* Required work
Up to and including the line with "of the map.", return every line from the start of the entries below exactly.

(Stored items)
▼

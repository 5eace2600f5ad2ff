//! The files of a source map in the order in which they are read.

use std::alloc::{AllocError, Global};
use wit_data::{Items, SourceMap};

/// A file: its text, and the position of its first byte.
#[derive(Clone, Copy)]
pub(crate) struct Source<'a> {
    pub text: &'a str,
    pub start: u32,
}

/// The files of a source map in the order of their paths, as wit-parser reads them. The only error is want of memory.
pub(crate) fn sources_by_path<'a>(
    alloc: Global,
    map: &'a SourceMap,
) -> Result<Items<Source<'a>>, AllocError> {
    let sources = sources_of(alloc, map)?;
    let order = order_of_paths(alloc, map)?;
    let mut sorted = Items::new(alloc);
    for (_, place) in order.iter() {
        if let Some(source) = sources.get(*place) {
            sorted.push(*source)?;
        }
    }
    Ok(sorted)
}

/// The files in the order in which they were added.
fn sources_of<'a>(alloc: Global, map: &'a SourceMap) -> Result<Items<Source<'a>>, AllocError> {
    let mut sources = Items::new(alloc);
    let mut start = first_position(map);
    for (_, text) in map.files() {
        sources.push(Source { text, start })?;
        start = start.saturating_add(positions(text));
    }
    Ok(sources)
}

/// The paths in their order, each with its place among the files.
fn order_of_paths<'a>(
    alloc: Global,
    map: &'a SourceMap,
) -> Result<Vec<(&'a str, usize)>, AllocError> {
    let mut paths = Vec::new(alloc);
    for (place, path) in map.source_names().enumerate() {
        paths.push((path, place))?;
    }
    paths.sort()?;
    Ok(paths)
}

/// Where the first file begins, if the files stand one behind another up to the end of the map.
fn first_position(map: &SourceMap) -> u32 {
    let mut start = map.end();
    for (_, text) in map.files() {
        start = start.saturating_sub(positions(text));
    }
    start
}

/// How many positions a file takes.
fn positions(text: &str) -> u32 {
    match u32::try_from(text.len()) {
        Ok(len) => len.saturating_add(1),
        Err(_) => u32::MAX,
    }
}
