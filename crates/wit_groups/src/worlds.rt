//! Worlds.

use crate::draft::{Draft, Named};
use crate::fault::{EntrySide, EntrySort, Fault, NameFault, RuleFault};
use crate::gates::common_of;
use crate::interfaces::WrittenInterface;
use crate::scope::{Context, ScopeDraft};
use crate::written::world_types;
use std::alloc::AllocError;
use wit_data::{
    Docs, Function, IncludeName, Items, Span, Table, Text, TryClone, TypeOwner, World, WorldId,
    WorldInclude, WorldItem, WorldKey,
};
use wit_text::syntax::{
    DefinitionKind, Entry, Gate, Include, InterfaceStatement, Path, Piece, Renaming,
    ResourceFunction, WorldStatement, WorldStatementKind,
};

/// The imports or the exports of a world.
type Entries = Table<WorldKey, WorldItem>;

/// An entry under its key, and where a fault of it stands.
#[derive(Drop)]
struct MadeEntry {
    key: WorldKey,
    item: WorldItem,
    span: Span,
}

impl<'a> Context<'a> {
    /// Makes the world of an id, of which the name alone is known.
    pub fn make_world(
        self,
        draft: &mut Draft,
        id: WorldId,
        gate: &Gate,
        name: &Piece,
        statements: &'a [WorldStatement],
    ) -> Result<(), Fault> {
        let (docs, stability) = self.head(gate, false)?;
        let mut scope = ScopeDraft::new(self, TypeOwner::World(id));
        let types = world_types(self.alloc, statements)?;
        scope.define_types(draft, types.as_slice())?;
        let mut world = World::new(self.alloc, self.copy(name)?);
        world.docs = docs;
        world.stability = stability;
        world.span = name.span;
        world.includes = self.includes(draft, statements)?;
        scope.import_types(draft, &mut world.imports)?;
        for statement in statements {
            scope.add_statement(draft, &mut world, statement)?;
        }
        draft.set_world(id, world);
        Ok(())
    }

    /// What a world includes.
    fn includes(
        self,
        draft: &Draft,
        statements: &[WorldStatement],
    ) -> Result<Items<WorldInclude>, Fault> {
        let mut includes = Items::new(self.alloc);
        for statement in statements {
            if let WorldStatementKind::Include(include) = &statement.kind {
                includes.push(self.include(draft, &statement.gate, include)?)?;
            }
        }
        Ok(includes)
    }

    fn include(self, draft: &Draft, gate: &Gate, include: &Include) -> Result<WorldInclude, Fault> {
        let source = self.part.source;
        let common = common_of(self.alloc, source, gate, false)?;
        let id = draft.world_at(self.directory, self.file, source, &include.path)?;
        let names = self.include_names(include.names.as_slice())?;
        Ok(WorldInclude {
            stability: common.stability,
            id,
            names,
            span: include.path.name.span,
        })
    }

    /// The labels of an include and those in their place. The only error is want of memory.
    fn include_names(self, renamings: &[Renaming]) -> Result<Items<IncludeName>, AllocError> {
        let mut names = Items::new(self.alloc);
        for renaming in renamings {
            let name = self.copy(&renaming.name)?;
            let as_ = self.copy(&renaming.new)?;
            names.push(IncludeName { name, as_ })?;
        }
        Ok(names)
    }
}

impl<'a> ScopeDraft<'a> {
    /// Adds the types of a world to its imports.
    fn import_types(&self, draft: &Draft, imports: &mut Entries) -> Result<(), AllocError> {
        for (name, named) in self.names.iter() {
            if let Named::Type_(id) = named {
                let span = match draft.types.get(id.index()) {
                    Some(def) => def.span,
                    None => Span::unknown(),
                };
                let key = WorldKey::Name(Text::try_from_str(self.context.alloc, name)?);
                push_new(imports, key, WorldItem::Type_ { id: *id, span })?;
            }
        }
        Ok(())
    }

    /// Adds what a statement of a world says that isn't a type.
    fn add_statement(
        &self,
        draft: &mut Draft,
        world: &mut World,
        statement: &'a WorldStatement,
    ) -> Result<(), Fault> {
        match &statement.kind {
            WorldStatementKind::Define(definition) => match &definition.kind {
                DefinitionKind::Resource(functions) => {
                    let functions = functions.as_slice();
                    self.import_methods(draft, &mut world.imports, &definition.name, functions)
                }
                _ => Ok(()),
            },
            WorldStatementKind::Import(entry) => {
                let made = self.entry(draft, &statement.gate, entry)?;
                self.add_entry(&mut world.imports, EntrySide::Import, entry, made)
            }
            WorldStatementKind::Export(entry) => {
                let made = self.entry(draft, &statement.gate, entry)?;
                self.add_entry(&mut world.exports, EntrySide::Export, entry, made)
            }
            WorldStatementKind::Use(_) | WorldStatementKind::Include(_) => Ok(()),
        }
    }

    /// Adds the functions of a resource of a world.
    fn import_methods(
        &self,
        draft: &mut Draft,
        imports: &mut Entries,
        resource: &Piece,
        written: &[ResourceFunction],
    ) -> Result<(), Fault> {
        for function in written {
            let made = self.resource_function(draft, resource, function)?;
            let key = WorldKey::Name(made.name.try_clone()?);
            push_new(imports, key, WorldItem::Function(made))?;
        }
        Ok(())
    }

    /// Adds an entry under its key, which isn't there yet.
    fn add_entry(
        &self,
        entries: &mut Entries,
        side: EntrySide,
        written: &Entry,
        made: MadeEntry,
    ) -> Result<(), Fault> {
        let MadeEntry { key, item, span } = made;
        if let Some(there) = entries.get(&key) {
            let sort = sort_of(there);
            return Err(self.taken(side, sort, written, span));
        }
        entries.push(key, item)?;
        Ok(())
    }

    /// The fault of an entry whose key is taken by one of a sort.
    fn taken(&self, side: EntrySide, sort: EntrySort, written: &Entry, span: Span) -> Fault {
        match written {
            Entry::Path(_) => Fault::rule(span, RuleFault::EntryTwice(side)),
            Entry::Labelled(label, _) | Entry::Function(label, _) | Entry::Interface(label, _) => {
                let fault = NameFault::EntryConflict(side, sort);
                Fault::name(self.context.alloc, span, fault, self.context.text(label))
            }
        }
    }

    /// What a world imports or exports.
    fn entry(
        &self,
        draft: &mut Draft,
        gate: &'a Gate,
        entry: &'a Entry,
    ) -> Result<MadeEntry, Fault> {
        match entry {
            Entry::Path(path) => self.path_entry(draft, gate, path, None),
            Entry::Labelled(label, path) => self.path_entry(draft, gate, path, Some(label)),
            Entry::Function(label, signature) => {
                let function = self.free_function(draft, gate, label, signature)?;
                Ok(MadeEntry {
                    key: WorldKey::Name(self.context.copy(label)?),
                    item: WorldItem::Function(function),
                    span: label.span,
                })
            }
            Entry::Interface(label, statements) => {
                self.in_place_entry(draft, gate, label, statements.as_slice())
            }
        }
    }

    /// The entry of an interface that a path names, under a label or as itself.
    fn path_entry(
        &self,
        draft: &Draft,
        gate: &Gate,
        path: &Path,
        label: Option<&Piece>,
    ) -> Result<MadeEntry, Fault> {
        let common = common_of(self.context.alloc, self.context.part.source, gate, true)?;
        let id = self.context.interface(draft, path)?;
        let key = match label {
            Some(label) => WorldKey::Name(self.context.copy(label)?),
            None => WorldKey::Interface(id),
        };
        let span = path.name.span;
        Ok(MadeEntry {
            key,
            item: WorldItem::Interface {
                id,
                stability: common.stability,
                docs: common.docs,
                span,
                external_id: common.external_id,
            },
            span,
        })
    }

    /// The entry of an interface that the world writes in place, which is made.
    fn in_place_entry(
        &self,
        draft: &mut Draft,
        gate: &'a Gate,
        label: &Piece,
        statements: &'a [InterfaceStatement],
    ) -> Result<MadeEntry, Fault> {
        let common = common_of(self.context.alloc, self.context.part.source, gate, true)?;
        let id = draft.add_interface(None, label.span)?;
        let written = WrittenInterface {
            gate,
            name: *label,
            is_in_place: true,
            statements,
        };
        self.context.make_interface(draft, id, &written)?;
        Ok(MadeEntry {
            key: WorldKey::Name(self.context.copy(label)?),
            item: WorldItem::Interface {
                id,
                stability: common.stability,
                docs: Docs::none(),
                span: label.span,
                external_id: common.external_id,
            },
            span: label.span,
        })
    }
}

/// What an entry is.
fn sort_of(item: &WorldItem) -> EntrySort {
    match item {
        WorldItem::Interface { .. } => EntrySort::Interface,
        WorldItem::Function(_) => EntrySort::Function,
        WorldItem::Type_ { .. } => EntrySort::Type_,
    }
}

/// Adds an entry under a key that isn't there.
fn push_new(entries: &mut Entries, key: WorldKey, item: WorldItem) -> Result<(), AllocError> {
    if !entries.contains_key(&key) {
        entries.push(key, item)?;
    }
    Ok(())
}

▲

* Expected answer
repository 5eace2600f5ad2ff
//! The files of a source map in the order in which they are read.

use std::alloc::{AllocError, Global};
use wit_data::{Items, SourceMap};

/// A file: its text, and the position of its first byte.
#[derive(Clone, Copy)]
pub(crate) struct Source<'a> {
    pub text: &'a str,
    pub start: u32,
}

/// The files of a source map in the order of their paths, as wit-parser reads them. The only error is want of memory.
pub(crate) fn sources_by_path<'a>(
    alloc: Global,
    map: &'a SourceMap,
) -> Result<Items<Source<'a>>, AllocError> {
    let sources = sources_of(alloc, map)?;
    let order = order_of_paths(alloc, map)?;
    let mut sorted = Items::new(alloc);
    for (_, place) in order.iter() {
        if let Some(source) = sources.get(*place) {
            sorted.push(*source)?;
        }
    }
    Ok(sorted)
}

/// The files in the order in which they were added.
fn sources_of<'a>(alloc: Global, map: &'a SourceMap) -> Result<Items<Source<'a>>, AllocError> {
    let mut sources = Items::new(alloc);
    let mut start = first_position(map);
    for (_, text) in map.files() {
        sources.push(Source { text, start })?;
        start = start.saturating_add(positions(text));
    }
    Ok(sources)
}

/// The paths in their order, each with its place among the files.
fn order_of_paths<'a>(
    alloc: Global,
    map: &'a SourceMap,
) -> Result<Vec<(&'a str, usize)>, AllocError> {
    let mut paths = Vec::new(alloc);
    for (place, path) in map.source_names().enumerate() {
        paths.push((path, place))?;
    }
    paths.sort()?;
    Ok(paths)
}

/// Where the first file begins, if the files stand one behind another up to the end of the map.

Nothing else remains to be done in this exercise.